◆ **Exercise**: Return every line of the data exactly as it stands.
(Study material)
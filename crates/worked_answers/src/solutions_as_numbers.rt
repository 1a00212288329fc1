// The solutions of one pattern as numbers, in enough room and in too little, and after given ones.
ghost use Rattle.std.specs.Prelude.{◌≡◌, ◌<◌};

use crate::questions::{is_so, one_row};
use pc_settings::{Format, PathSettings};
use pc_solutions::{Refusal, Written, write_solutions};
use reach::Steps;
use std::alloc::Global;
use std::marker::Brand;
use std::sync::ledger::{Blank, Ledger};

/// Lists how an `I` clears one row, after the solution with these numbers.
fn listed<L: Ledger>(
    alloc: Global,
    blank: Blank,
    after: &[u8],
    placements: &mut [u8],
) -> Result<Written, Refusal>
    requires name { blank.name ≡ L.name }
    requires parts { blank.parts ≡ L.parts }
    requires some { 0 < blank.parts }
{
    let settings = PathSettings {
        common: one_row("I"),
        after: None,
        limit: 1000,
        keys: false,
        format: Format::Text,
        stats: false,
    };
    let mut steps = Steps::<L>::new(blank);
    write_solutions(alloc, &settings, &[], after, placements, &mut steps)
}

/// An `I` as it spawns, with its pivot in column 7 of row 0.
const SOLUTION: [u8; 4] = [1, 0, 7, 0];

#[test]
fn a_list_that_fills_the_room_may_go_on(rt: HostRuntime) {
    let mut placements = [0xa5; 4];
    let found = listed::<Brand>(rt.alloc(), Blank::new(1), &[], &mut placements);
    let told =
        matches!(found, Ok(written) if written.count == 1 && written.size == 4 && !written.ended);
    is_so(&rt, told, "one solution, and maybe more");
    is_so(&rt, placements == SOLUTION, "its numbers");
}

#[test]
fn a_list_with_room_for_more_has_ended(rt: HostRuntime) {
    let mut placements = [0xa5; 8];
    let found = listed::<Brand>(rt.alloc(), Blank::new(1), &[], &mut placements);
    let told =
        matches!(found, Ok(written) if written.count == 1 && written.size == 4 && written.ended);
    is_so(&rt, told, "one solution, and no more");
    let is_left = placements == [1, 0, 7, 0, 0xa5, 0xa5, 0xa5, 0xa5];
    is_so(&rt, is_left, "its numbers, and bytes that are left alone");
}

#[test]
fn no_solution_comes_after_the_last(rt: HostRuntime) {
    let mut placements = [0xa5; 4];
    let found = listed::<Brand>(rt.alloc(), Blank::new(1), &SOLUTION, &mut placements);
    let told =
        matches!(found, Ok(written) if written.count == 0 && written.size == 0 && written.ended);
    is_so(&rt, told, "none");
    is_so(&rt, placements == [0xa5; 4], "bytes that are left alone");
}

#[test]
fn a_solution_needs_room_for_its_numbers(rt: HostRuntime) {
    let mut placements = [0xa5; 3];
    let found = listed::<Brand>(rt.alloc(), Blank::new(1), &[], &mut placements);
    is_so(
        &rt,
        matches!(found, Err(Refusal::NoRoom)),
        "too little room",
    );
    is_so(&rt, placements == [0xa5; 3], "bytes that are left alone");
}

#[test]
fn numbers_of_no_sequence_are_refused(rt: HostRuntime) {
    let mut placements = [0xa5; 4];
    let found = listed::<Brand>(rt.alloc(), Blank::new(1), &[1, 0, 7], &mut placements);
    is_so(
        &rt,
        matches!(found, Err(Refusal::NoSequence)),
        "three numbers",
    );
    is_so(&rt, placements == [0xa5; 4], "bytes that are left alone");
}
(End Study material)
◆ **Solution for this exercise**:
filename crates/worked_answers/src/solutions_as_numbers.rt
repository 1a00212288329fc1
// The solutions of one pattern as numbers, in enough room and in too little, and after given ones.
ghost use Rattle.std.specs.Prelude.{◌≡◌, ◌<◌};

use crate::questions::{is_so, one_row};
use pc_settings::{Format, PathSettings};
use pc_solutions::{Refusal, Written, write_solutions};
use reach::Steps;
use std::alloc::Global;
use std::marker::Brand;
use std::sync::ledger::{Blank, Ledger};

/// Lists how an `I` clears one row, after the solution with these numbers.
fn listed<L: Ledger>(
    alloc: Global,
    blank: Blank,
    after: &[u8],
    placements: &mut [u8],
) -> Result<Written, Refusal>
    requires name { blank.name ≡ L.name }
    requires parts { blank.parts ≡ L.parts }
    requires some { 0 < blank.parts }
{
    let settings = PathSettings {
        common: one_row("I"),
        after: None,
        limit: 1000,
        keys: false,
        format: Format::Text,
        stats: false,
    };
    let mut steps = Steps::<L>::new(blank);
    write_solutions(alloc, &settings, &[], after, placements, &mut steps)
}

/// An `I` as it spawns, with its pivot in column 7 of row 0.
const SOLUTION: [u8; 4] = [1, 0, 7, 0];

#[test]
fn a_list_that_fills_the_room_may_go_on(rt: HostRuntime) {
    let mut placements = [0xa5; 4];
    let found = listed::<Brand>(rt.alloc(), Blank::new(1), &[], &mut placements);
    let told =
        matches!(found, Ok(written) if written.count == 1 && written.size == 4 && !written.ended);
    is_so(&rt, told, "one solution, and maybe more");
    is_so(&rt, placements == SOLUTION, "its numbers");
}

#[test]
fn a_list_with_room_for_more_has_ended(rt: HostRuntime) {
    let mut placements = [0xa5; 8];
    let found = listed::<Brand>(rt.alloc(), Blank::new(1), &[], &mut placements);
    let told =
        matches!(found, Ok(written) if written.count == 1 && written.size == 4 && written.ended);
    is_so(&rt, told, "one solution, and no more");
    let is_left = placements == [1, 0, 7, 0, 0xa5, 0xa5, 0xa5, 0xa5];
    is_so(&rt, is_left, "its numbers, and bytes that are left alone");
}

#[test]
fn no_solution_comes_after_the_last(rt: HostRuntime) {
    let mut placements = [0xa5; 4];
    let found = listed::<Brand>(rt.alloc(), Blank::new(1), &SOLUTION, &mut placements);
    let told =
        matches!(found, Ok(written) if written.count == 0 && written.size == 0 && written.ended);
    is_so(&rt, told, "none");
    is_so(&rt, placements == [0xa5; 4], "bytes that are left alone");
}

#[test]
fn a_solution_needs_room_for_its_numbers(rt: HostRuntime) {
    let mut placements = [0xa5; 3];
    let found = listed::<Brand>(rt.alloc(), Blank::new(1), &[], &mut placements);
    is_so(
        &rt,
        matches!(found, Err(Refusal::NoRoom)),
        "too little room",
    );
    is_so(&rt, placements == [0xa5; 3], "bytes that are left alone");
}

#[test]
fn numbers_of_no_sequence_are_refused(rt: HostRuntime) {
    let mut placements = [0xa5; 4];
    let found = listed::<Brand>(rt.alloc(), Blank::new(1), &[1, 0, 7], &mut placements);
    is_so(
        &rt,
        matches!(found, Err(Refusal::NoSequence)),
        "three numbers",
    );
    is_so(&rt, placements == [0xa5; 4], "bytes that are left alone");
}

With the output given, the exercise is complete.